Saved data entries:
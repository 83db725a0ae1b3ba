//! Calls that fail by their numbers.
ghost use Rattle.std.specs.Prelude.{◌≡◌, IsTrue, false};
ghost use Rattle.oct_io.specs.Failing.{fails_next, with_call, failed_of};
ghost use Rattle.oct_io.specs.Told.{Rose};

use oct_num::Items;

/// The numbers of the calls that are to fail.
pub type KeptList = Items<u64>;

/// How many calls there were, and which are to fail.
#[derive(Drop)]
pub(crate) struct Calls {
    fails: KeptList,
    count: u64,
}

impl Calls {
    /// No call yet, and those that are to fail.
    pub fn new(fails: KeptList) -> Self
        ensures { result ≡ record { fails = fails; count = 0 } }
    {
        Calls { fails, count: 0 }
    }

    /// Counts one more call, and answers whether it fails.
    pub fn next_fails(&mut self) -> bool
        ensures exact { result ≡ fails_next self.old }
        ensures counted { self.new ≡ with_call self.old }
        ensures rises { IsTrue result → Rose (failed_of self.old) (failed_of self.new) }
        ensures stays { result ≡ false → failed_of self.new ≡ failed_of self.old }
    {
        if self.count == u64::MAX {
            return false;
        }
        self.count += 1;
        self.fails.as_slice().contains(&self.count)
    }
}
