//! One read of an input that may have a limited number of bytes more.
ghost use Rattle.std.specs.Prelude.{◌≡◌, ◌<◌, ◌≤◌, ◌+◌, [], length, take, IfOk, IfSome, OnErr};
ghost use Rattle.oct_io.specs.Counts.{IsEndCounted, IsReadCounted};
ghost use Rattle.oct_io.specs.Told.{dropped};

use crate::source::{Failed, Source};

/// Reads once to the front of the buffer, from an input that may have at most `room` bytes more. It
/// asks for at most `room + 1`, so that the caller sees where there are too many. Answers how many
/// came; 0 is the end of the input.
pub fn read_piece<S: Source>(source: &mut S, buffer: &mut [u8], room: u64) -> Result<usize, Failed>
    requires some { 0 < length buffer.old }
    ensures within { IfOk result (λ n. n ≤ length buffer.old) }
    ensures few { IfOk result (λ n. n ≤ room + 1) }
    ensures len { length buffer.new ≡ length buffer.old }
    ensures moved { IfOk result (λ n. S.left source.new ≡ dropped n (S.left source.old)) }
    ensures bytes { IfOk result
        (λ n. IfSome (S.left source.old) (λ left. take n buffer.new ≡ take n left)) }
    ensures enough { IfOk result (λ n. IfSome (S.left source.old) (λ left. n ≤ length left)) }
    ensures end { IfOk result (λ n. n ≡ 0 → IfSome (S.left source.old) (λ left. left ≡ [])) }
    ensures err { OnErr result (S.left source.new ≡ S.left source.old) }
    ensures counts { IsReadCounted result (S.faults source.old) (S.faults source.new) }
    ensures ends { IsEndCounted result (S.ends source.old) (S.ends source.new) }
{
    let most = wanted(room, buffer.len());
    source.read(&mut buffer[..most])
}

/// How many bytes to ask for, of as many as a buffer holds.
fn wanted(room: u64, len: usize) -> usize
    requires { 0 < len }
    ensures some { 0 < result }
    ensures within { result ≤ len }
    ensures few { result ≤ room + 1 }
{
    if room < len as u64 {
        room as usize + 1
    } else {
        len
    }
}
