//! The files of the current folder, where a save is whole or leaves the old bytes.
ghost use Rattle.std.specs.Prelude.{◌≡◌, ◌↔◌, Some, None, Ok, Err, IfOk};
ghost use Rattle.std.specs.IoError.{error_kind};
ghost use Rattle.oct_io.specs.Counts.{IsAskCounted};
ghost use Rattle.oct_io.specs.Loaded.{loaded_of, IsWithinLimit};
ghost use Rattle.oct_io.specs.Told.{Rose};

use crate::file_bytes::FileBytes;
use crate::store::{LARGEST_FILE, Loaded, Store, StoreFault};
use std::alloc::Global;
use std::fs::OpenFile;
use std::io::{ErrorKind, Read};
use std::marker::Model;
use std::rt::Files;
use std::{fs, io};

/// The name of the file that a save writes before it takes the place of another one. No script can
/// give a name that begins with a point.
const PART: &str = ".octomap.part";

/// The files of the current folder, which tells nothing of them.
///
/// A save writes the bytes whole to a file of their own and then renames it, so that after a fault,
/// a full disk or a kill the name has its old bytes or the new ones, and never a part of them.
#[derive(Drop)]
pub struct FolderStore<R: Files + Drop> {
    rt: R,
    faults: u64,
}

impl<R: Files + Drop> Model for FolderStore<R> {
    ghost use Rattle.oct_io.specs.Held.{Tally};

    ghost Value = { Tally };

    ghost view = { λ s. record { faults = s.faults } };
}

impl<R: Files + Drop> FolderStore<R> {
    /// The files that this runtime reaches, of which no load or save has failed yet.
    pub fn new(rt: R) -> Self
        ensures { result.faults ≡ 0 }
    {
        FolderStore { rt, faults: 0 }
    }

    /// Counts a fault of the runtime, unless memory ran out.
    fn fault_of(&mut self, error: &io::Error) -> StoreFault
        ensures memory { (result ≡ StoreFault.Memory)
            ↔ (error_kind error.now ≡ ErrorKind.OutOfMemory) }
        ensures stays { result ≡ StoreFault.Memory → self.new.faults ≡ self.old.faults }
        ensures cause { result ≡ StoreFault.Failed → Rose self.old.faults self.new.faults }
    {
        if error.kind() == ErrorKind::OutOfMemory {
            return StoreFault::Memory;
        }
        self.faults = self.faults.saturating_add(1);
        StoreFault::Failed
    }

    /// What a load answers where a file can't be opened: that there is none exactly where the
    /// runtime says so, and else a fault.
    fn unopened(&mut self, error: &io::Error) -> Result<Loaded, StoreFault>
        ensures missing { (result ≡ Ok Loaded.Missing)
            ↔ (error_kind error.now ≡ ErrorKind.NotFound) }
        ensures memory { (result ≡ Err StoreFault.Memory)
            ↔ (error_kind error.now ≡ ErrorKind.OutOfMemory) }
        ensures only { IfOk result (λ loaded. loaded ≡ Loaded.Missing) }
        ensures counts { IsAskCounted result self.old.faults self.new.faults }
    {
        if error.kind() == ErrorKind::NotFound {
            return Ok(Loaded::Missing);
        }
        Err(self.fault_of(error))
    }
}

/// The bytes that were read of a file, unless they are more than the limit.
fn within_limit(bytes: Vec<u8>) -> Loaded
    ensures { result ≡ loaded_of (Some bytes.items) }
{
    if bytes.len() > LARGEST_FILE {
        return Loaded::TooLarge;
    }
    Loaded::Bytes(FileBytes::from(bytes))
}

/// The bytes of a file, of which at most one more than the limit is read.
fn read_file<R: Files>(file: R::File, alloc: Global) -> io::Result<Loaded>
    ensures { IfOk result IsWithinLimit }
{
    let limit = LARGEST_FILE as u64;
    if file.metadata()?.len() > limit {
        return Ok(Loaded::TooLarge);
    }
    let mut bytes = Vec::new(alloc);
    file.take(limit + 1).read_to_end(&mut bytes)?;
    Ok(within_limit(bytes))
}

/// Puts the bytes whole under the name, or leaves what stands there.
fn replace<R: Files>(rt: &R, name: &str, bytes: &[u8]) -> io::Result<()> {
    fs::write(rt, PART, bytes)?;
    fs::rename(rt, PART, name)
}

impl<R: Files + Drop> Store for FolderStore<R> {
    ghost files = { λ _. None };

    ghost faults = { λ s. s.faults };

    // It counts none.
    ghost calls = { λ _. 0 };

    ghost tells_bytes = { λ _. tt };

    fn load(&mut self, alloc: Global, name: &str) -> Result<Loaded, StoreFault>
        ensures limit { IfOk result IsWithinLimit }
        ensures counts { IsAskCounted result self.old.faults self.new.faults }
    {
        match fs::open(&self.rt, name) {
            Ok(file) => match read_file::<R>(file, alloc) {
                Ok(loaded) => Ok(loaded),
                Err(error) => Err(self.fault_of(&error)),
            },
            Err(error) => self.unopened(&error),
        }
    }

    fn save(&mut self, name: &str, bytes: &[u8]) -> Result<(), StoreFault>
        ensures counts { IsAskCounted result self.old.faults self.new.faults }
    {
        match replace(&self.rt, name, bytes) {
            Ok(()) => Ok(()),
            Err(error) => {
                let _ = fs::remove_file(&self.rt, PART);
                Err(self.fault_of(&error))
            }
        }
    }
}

- **Exercise**: Every line above that holds the word "requires" should be copied out.

- **Task solution**:
    requires some { 0 < length buffer.old }
    requires { 0 < len }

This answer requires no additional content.